I am content with a hidden life. How peaceful it is! Whether I truly live this Christian life of which St. Paul speaks, I do not know, nor can I know with certainty. But I hope that I do, and I trust in God's goodness to help me."
— Bishop Jacques-Benigne Bossuet

Monday, March 23, 2020

Thought for The Day


"Keep the joy of loving God in your heart and share this joy with all you meet, especially your family. Be holy."
— St.

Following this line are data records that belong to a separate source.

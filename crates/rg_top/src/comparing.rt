//! The answer to a request for a comparison.
ghost use Rattle.std.specs.Prelude.{◌≡◌, ℕ, ◌≤◌, Some, IfOk, IsErrOf};
ghost use Rattle.rg_ports.specs.Count.{HasRisen};
ghost use Rattle.rg_lts.specs.WellFormed.{IsWellFormed};
ghost use Rattle.rg_checks.specs.Flaws.{IsFlawless};
ghost use Rattle.rg_iso.specs.Compared.{told_of};
ghost use Rattle.rg_top.specs.Isomorphic.{IsomorphicEnds, PairEnds, told_end};
ghost use Rattle.rg_top.specs.Requests.{end_of, asked_more, ReadsMore};
ghost use Rattle.rg_top.specs.declared.answer.Stop.TheVariants as stop;

use crate::answer::{Answer, Stop};
use crate::files::{FileStop, read_system};
use rg_checks::first_flaw;
use rg_commands::Form;
use rg_iso::{Same, compare};
use rg_lts::Lts;
use rg_memory::NoMemory;
use rg_messages::{FileFault, comparison_has_names, file_flaw_text, same_text};
use rg_ports::Shelf;
use std::alloc::Global;

// Whether the system of the file is isomorphic to this one.
pub(crate) fn comparison_answer<H: Shelf>(
    alloc: Global,
    lts: &Lts,
    name: &str,
    form: Form,
    shelf: &mut H,
) -> Result<Answer, Stop>
    ensures files { H.files shelf.new ≡ H.files shelf.old }
    ensures asked { H.asked shelf.new ≡ asked_more (H.asked shelf.old) (Some name.now) }
    ensures reads { ReadsMore H.finds H.hands (Some name.now) shelf.old shelf.new }
    ensures ok { IfOk result (λ a. IsomorphicEnds (H.files shelf.old) name.now form lts.now (end_of a)) }
    ensures never_falls { H.faults shelf.old ≤ H.faults shelf.new }
    ensures fault { IsErrOf result stop.ReadFault → HasRisen (H.faults shelf.old) (H.faults shelf.new) }
{
    match read_system(alloc, shelf, name, form) {
        Ok(other) => Ok(pair_answer(alloc, lts, &other)?),
        Err(FileStop::Refused(fault)) => Ok(Answer::File(FileFault { file: 2, fault })),
        Err(FileStop::Failed) => Err(Stop::ReadFault),
        Err(FileStop::NoMemory) => Err(Stop::NoMemory),
    }
}

// What is said of two systems.
fn pair_answer(alloc: Global, a: &Lts, b: &Lts) -> Result<Answer, NoMemory>
    ensures formed { IsWellFormed b.now }
    ensures ends { IfOk result (λ made. PairEnds a.now b.now (end_of made)) }
{
    b.is_well_formed();
    if let Some(flaw) = first_flaw(alloc, a)? {
        let text = file_flaw_text(alloc, 1, a, flaw)?;
        return Ok(Answer::No(text));
    }
    if let Some(flaw) = first_flaw(alloc, b)? {
        let text = file_flaw_text(alloc, 2, b, flaw)?;
        return Ok(Answer::No(text));
    }
    flawless_answer(alloc, a, b)
}

// The answer on two flawless systems.
fn flawless_answer(alloc: Global, a: &Lts, b: &Lts) -> Result<Answer, NoMemory>
    requires first { IsFlawless a.now }
    requires second { IsFlawless b.now }
    ensures { IfOk result (λ made. PairEnds a.now b.now (end_of made)) }
{
    a.is_well_formed();
    b.is_well_formed();
    comparison_has_names();
    let same = compare(alloc, a, b)?;
    let text = same_text(alloc, a, b, &same)?;
    Ok(told_answer(&same, text))
}

// The answer with the text of a comparison: a map is the yes.
fn told_answer(same: &Same, text: Vec<u8>) -> Answer
    ensures { end_of result ≡ told_end (told_of same.now) text.items }
{
    match same {
        Same::Map(_) => Answer::Yes(text),
        _ => Answer::No(text),
    }
}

Mother Teresa of Calcutta 


Wednesday, March 11, 2020

Putting Sola Fide to rest...

"For it is not the hearers of the law who are righteous in God’s sight, but the doers of the law who will be justified."
Romans 2:13

Not sanctified (made holy) by actions, but justified (saved).  But how is this?  Does faith have no part?  Are we merely to "do the stuff" to be saved?

"For this very reason, you must make every effort to support your faith with goodness, and goodness with knowledge, and knowledge with self-control, and self-control with endurance, and endurance with godliness, and godliness with mutual affection, and mutual affection with love. For if these things are yours and are increasing among you, they keep you from being ineffective and unfruitful in the knowledge of our Lord Jesus Christ."
2 Peter 1:5-8

Peter and Paul, those two stalwart pillars of the Church, show us the way.  Faith is the base, the root of everything, and grows with the support of goodness and knowledge, into action, which is LOVE.  Love is a verb and a noun.  In truth, the noun and verb cannot be separated, because love by it's very nature is a movement, an action.   Works are love, rooted in faith, or they are nothing.  Faith alone is as those who merely hear the law.  It's not enough.  TRUE faith is action, it's being God's hands in the world.  Joan of Arc showed me this.  In her trial, she was asked if God sent her to raise the seige of Orleans, and she said yes.  The inquisitor asked if God wasn't powerful enough to raise the seize on His own.  She responded  "In the name of God! The soldiers will fight and God will give the victory!"
God worked through her, as He desire to work through each of us - our job is to cooperate and be willing vessels.